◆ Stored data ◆
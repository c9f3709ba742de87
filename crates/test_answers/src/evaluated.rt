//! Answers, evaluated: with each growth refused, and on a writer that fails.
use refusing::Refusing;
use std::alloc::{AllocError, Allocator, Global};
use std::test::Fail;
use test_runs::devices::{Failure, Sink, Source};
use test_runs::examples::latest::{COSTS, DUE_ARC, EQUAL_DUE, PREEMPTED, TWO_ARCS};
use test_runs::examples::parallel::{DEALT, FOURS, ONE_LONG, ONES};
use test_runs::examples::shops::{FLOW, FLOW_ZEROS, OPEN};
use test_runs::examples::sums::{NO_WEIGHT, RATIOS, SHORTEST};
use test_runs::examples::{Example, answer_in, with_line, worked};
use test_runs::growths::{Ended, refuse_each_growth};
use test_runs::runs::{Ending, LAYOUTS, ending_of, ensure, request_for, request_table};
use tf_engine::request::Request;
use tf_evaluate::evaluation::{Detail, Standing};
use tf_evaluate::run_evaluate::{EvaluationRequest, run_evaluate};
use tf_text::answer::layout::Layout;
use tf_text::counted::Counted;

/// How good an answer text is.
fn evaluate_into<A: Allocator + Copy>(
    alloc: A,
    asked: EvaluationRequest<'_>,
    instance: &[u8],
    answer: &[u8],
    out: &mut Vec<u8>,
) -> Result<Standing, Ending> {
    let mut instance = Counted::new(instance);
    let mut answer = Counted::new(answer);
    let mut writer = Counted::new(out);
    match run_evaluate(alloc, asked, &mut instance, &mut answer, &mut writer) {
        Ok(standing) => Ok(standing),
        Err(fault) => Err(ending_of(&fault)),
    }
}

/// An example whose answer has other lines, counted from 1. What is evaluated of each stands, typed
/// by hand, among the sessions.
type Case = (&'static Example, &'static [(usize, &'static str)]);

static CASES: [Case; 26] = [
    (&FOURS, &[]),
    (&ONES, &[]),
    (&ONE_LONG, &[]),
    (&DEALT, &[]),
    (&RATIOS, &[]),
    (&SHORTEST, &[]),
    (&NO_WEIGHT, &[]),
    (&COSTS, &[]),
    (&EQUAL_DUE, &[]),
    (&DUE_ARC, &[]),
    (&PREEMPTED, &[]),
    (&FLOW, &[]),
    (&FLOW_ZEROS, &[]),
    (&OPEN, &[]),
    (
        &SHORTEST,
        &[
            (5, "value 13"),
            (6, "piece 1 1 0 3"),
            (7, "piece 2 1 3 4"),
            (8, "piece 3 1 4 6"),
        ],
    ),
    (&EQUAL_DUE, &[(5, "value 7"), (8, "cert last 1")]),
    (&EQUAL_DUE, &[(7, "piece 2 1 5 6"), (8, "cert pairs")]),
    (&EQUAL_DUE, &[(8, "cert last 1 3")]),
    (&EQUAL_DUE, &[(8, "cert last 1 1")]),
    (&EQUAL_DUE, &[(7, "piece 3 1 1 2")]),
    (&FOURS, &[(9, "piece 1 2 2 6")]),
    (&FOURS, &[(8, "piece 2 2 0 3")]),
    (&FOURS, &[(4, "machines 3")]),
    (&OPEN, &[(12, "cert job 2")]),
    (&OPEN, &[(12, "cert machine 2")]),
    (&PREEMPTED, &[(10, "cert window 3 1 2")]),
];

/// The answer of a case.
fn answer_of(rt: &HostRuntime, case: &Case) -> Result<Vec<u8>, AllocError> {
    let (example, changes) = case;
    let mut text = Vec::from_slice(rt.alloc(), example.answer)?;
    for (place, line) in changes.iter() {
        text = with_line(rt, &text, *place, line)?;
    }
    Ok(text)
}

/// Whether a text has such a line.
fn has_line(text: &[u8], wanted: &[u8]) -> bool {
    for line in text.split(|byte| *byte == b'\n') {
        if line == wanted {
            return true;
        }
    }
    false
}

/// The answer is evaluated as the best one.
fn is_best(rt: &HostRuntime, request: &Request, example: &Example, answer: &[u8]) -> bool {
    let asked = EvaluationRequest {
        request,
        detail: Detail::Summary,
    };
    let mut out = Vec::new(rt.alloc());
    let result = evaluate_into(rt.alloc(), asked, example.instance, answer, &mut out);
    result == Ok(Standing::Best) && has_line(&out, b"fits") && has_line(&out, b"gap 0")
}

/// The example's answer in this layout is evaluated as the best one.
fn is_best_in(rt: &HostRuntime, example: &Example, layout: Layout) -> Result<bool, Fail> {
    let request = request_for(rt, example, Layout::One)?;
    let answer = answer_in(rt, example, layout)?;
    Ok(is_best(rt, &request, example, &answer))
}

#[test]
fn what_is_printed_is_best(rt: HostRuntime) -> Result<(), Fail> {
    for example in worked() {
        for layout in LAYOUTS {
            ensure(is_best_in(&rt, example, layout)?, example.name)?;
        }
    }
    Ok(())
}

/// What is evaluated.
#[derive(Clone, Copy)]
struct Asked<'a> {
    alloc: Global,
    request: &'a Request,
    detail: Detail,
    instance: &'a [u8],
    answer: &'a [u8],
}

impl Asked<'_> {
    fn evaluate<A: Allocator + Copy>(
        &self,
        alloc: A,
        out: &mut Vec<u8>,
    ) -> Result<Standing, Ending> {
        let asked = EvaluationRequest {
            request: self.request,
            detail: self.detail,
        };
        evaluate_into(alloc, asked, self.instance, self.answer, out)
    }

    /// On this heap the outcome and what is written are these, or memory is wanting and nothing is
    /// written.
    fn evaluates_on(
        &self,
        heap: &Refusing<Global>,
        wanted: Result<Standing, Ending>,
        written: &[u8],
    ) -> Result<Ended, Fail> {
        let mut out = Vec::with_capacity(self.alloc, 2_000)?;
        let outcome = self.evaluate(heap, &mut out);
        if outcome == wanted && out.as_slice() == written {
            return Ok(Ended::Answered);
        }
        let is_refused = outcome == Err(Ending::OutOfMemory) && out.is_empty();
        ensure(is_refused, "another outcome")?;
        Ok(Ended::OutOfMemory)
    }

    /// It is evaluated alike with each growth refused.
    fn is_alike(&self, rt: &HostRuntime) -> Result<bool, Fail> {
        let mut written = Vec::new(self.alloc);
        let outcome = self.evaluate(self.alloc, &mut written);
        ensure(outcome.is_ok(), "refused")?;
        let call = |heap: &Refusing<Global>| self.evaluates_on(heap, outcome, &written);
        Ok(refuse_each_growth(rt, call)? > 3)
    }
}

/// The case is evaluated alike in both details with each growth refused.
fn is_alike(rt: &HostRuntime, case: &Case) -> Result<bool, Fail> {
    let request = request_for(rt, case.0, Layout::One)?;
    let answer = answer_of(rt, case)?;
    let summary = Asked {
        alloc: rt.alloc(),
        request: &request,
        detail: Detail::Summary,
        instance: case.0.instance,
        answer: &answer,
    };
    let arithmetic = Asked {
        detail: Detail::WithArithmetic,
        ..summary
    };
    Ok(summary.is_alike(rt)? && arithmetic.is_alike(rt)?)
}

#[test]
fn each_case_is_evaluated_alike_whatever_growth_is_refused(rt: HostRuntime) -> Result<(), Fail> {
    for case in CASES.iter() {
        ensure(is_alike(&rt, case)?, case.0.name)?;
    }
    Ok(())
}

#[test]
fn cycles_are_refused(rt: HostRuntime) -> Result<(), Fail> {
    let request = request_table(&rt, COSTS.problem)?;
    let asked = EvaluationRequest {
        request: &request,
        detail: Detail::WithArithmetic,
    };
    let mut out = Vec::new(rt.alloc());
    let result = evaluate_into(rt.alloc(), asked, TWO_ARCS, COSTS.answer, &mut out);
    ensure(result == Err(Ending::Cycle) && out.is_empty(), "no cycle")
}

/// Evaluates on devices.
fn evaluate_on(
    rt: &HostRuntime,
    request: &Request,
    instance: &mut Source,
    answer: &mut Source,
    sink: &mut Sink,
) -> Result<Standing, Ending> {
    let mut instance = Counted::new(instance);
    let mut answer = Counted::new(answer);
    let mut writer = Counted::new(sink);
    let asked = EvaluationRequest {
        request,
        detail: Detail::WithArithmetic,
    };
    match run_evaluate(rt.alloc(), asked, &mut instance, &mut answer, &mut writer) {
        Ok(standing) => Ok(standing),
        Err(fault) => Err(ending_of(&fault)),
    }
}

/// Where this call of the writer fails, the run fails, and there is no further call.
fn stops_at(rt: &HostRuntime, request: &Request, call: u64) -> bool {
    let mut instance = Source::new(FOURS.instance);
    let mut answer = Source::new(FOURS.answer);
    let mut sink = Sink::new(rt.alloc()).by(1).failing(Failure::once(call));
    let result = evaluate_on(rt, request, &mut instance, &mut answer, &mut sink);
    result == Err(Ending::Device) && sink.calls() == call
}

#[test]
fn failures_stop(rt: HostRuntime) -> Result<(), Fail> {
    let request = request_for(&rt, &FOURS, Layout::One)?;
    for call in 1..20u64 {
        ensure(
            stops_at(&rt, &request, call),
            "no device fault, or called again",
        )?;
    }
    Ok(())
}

◆ TASK TO CARRY OUT ◆
The answer should be only the number of lines in the data that contain the string "DEALT".

◆ TASK RESULT ◆
2